• _Activity_: This exercise asks for every record to be output again exactly.

◆ ◆ ◆ ◆

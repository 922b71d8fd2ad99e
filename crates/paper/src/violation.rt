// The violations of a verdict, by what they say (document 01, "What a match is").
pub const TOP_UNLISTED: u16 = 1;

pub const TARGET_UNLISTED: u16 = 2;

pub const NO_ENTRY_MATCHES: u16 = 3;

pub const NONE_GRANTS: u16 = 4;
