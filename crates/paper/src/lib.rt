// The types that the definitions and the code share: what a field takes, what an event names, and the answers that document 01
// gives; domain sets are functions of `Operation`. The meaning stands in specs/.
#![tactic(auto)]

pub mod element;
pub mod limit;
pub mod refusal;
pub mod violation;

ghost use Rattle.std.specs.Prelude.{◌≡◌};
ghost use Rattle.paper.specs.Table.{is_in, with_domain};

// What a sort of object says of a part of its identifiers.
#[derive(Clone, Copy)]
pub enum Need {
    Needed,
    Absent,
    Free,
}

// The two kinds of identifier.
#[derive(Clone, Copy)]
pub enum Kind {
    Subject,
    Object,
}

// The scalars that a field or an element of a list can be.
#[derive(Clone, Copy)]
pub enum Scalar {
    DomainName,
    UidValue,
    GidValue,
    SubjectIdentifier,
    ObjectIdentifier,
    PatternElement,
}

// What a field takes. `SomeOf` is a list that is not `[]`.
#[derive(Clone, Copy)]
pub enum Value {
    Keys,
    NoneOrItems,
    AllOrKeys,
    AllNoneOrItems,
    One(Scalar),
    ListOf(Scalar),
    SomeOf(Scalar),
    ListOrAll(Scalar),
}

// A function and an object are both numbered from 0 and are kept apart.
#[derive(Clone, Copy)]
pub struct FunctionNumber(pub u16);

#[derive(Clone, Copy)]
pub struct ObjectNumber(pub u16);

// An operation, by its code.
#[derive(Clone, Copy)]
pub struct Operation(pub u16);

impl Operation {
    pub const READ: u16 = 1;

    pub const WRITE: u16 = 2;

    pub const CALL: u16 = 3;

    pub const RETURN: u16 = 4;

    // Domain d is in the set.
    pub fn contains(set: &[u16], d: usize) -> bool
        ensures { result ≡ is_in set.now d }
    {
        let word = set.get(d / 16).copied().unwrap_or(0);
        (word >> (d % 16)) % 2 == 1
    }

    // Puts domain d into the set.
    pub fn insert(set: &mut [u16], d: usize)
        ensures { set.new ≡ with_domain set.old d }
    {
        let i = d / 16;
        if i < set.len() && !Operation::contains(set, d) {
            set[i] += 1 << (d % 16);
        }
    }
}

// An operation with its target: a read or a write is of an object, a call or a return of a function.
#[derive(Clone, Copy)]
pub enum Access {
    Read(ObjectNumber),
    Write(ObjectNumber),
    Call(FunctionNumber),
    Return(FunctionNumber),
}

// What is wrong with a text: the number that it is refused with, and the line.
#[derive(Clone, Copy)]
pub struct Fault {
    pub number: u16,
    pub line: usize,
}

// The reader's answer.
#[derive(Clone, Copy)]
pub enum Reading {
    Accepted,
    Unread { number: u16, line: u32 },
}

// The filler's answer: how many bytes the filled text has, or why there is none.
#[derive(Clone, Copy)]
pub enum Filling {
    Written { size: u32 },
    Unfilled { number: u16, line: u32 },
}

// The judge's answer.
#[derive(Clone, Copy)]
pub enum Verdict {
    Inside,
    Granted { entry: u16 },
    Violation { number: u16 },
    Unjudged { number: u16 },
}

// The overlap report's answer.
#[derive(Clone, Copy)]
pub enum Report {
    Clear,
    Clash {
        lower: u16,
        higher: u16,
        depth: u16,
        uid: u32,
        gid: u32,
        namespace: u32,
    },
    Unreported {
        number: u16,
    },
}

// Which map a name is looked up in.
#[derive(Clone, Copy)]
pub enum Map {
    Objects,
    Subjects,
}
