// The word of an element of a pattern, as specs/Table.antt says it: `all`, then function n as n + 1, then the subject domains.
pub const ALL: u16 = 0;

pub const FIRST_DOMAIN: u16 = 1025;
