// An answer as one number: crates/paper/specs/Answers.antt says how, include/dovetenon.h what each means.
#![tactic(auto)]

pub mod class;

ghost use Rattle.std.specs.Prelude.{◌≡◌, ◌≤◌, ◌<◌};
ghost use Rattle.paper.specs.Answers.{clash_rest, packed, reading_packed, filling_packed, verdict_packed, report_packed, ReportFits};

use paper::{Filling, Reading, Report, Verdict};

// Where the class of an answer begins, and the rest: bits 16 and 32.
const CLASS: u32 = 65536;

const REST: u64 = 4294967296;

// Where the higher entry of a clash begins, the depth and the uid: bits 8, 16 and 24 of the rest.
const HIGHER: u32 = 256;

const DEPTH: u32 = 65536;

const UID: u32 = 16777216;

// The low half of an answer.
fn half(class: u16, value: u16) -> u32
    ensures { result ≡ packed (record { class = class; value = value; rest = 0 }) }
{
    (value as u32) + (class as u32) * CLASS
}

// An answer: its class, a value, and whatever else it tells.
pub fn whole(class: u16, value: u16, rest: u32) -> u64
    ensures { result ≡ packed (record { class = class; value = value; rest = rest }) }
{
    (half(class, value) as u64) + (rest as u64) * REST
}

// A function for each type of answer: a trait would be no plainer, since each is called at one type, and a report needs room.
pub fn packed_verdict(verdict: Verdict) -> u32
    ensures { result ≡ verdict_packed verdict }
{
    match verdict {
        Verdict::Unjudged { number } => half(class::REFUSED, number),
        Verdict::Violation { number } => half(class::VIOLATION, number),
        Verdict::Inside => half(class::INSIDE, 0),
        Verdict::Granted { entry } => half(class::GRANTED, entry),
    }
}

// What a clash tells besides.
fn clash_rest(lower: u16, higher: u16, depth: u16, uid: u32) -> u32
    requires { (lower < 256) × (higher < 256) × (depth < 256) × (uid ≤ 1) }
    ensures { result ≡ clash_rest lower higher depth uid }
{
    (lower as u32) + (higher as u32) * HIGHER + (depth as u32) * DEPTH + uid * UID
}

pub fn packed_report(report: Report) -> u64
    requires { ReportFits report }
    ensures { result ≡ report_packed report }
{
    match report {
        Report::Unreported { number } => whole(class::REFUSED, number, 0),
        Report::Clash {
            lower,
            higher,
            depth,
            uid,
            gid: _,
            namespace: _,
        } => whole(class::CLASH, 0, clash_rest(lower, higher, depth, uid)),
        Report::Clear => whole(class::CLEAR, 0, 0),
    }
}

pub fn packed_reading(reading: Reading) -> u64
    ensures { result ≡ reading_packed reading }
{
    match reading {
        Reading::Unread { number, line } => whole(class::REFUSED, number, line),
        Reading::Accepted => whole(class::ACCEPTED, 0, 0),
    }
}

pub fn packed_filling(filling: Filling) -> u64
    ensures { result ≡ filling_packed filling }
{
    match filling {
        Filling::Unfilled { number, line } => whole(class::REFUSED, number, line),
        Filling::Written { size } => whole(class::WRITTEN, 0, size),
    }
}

◆ ◆ ◆ ◆

• _Exercise solution_:
repository 922b71d8fd2ad99e
filename crates/paper/src/violation.rt
// The violations of a verdict, by what they say (document 01, "What a match is").
pub const TOP_UNLISTED: u16 = 1;

pub const TARGET_UNLISTED: u16 = 2;

pub const NO_ENTRY_MATCHES: u16 = 3;

pub const NONE_GRANTS: u16 = 4;
filename crates/paper/src/lib.rt
// The types that the definitions and the code share: what a field takes, what an event names, and the answers that document 01
// gives; domain sets are functions of `Operation`. The meaning stands in specs/.
#![tactic(auto)]

pub mod element;
pub mod limit;
pub mod refusal;
pub mod violation;

ghost use Rattle.std.specs.Prelude.{◌≡◌};
ghost use Rattle.paper.specs.Table.{is_in, with_domain};

// What a sort of object says of a part of its identifiers.
#[derive(Clone, Copy)]
pub enum Need {
    Needed,
    Absent,
    Free,
}

// The two kinds of identifier.
#[derive(Clone, Copy)]
pub enum Kind {
    Subject,
    Object,
}

// The scalars that a field or an element of a list can be.
#[derive(Clone, Copy)]
pub enum Scalar {
    DomainName,
    UidValue,
    GidValue,
    SubjectIdentifier,
    ObjectIdentifier,
    PatternElement,
}

// What a field takes. `SomeOf` is a list that is not `[]`.
#[derive(Clone, Copy)]
pub enum Value {
    Keys,
    NoneOrItems,
    AllOrKeys,
    AllNoneOrItems,
    One(Scalar),
    ListOf(Scalar),
    SomeOf(Scalar),
    ListOrAll(Scalar),
}

// A function and an object are both numbered from 0 and are kept apart.
#[derive(Clone, Copy)]
pub struct FunctionNumber(pub u16);

#[derive(Clone, Copy)]
pub struct ObjectNumber(pub u16);

// An operation, by its code.
#[derive(Clone, Copy)]
pub struct Operation(pub u16);

impl Operation {
    pub const READ: u16 = 1;

    pub const WRITE: u16 = 2;

    pub const CALL: u16 = 3;

    pub const RETURN: u16 = 4;

    // Domain d is in the set.
    pub fn contains(set: &[u16], d: usize) -> bool
        ensures { result ≡ is_in set.now d }
    {
        let word = set.get(d / 16).copied().unwrap_or(0);
        (word >> (d % 16)) % 2 == 1
    }

    // Puts domain d into the set.
    pub fn insert(set: &mut [u16], d: usize)
        ensures { set.new ≡ with_domain set.old d }
    {
        let i = d / 16;
        if i < set.len() && !Operation::contains(set, d) {
            set[i] += 1 << (d % 16);
        }
    }
}

// An operation with its target: a read or a write is of an object, a call or a return of a function.
#[derive(Clone, Copy)]
pub enum Access {
    Read(ObjectNumber),
    Write(ObjectNumber),
    Call(FunctionNumber),
    Return(FunctionNumber),
}

// What is wrong with a text: the number that it is refused with, and the line.
#[derive(Clone, Copy)]
pub struct Fault {
    pub number: u16,
    pub line: usize,
}

// The reader's answer.
#[derive(Clone, Copy)]
pub enum Reading {
    Accepted,
    Unread { number: u16, line: u32 },
}

// The filler's answer: how many bytes the filled text has, or why there is none.
#[derive(Clone, Copy)]
pub enum Filling {
    Written { size: u32 },
    Unfilled { number: u16, line: u32 },
}

// The judge's answer.
#[derive(Clone, Copy)]
pub enum Verdict {
    Inside,
    Granted { entry: u16 },
    Violation { number: u16 },
    Unjudged { number: u16 },
}

// The overlap report's answer.
#[derive(Clone, Copy)]
pub enum Report {
    Clear,
    Clash {
        lower: u16,
        higher: u16,
        depth: u16,
        uid: u32,
        gid: u32,
        namespace: u32,
    },
    Unreported {
        number: u16,
    },
}

// Which map a name is looked up in.
#[derive(Clone, Copy)]
pub enum Map {
    Objects,
    Subjects,
}
// The word of an element of a pattern, as specs/Table.antt says it: `all`, then function n as n + 1, then the subject domains.
pub const ALL: u16 = 0;

pub const FIRST_DOMAIN: u16 = 1025;
// An answer as one number: crates/paper/specs/Answers.antt says how, include/dovetenon.h what each means.
#![tactic(auto)]

pub mod class;

ghost use Rattle.std.specs.Prelude.{◌≡◌, ◌≤◌, ◌<◌};
ghost use Rattle.paper.specs.Answers.{clash_rest, packed, reading_packed, filling_packed, verdict_packed, report_packed, ReportFits};

use paper::{Filling, Reading, Report, Verdict};

// Where the class of an answer begins, and the rest: bits 16 and 32.
const CLASS: u32 = 65536;

const REST: u64 = 4294967296;

// Where the higher entry of a clash begins, the depth and the uid: bits 8, 16 and 24 of the rest.
const HIGHER: u32 = 256;

const DEPTH: u32 = 65536;

const UID: u32 = 16777216;

// The low half of an answer.
fn half(class: u16, value: u16) -> u32
    ensures { result ≡ packed (record { class = class; value = value; rest = 0 }) }
{
    (value as u32) + (class as u32) * CLASS
}

// An answer: its class, a value, and whatever else it tells.
pub fn whole(class: u16, value: u16, rest: u32) -> u64
    ensures { result ≡ packed (record { class = class; value = value; rest = rest }) }
{
    (half(class, value) as u64) + (rest as u64) * REST
}

// A function for each type of answer: a trait would be no plainer, since each is called at one type, and a report needs room.
pub fn packed_verdict(verdict: Verdict) -> u32
    ensures { result ≡ verdict_packed verdict }
{
    match verdict {
        Verdict::Unjudged { number } => half(class::REFUSED, number),
        Verdict::Violation { number } => half(class::VIOLATION, number),
        Verdict::Inside => half(class::INSIDE, 0),
        Verdict::Granted { entry } => half(class::GRANTED, entry),
    }
}

// What a clash tells besides.
fn clash_rest(lower: u16, higher: u16, depth: u16, uid: u32) -> u32
    requires { (lower < 256) × (higher < 256) × (depth < 256) × (uid ≤ 1) }
    ensures { result ≡ clash_rest lower higher depth uid }
{
    (lower as u32) + (higher as u32) * HIGHER + (depth as u32) * DEPTH + uid * UID
}

pub fn packed_report(report: Report) -> u64
    requires { ReportFits report }
    ensures { result ≡ report_packed report }
{
    match report {
        Report::Unreported { number } => whole(class::REFUSED, number, 0),
        Report::Clash {
            lower,
            higher,
            depth,
            uid,
            gid: _,
            namespace: _,
        } => whole(class::CLASH, 0, clash_rest(lower, higher, depth, uid)),
        Report::Clear => whole(class::CLEAR, 0, 0),
    }
}

pub fn packed_reading(reading: Reading) -> u64
    ensures { result ≡ reading_packed reading }
{
    match reading {
        Reading::Unread { number, line } => whole(class::REFUSED, number, line),
        Reading::Accepted => whole(class::ACCEPTED, 0, 0),
    }
}

pub fn packed_filling(filling: Filling) -> u64
    ensures { result ≡ filling_packed filling }
{
    match filling {
        Filling::Unfilled { number, line } => whole(class::REFUSED, number, line),
        Filling::Written { size } => whole(class::WRITTEN, 0, size),
    }
}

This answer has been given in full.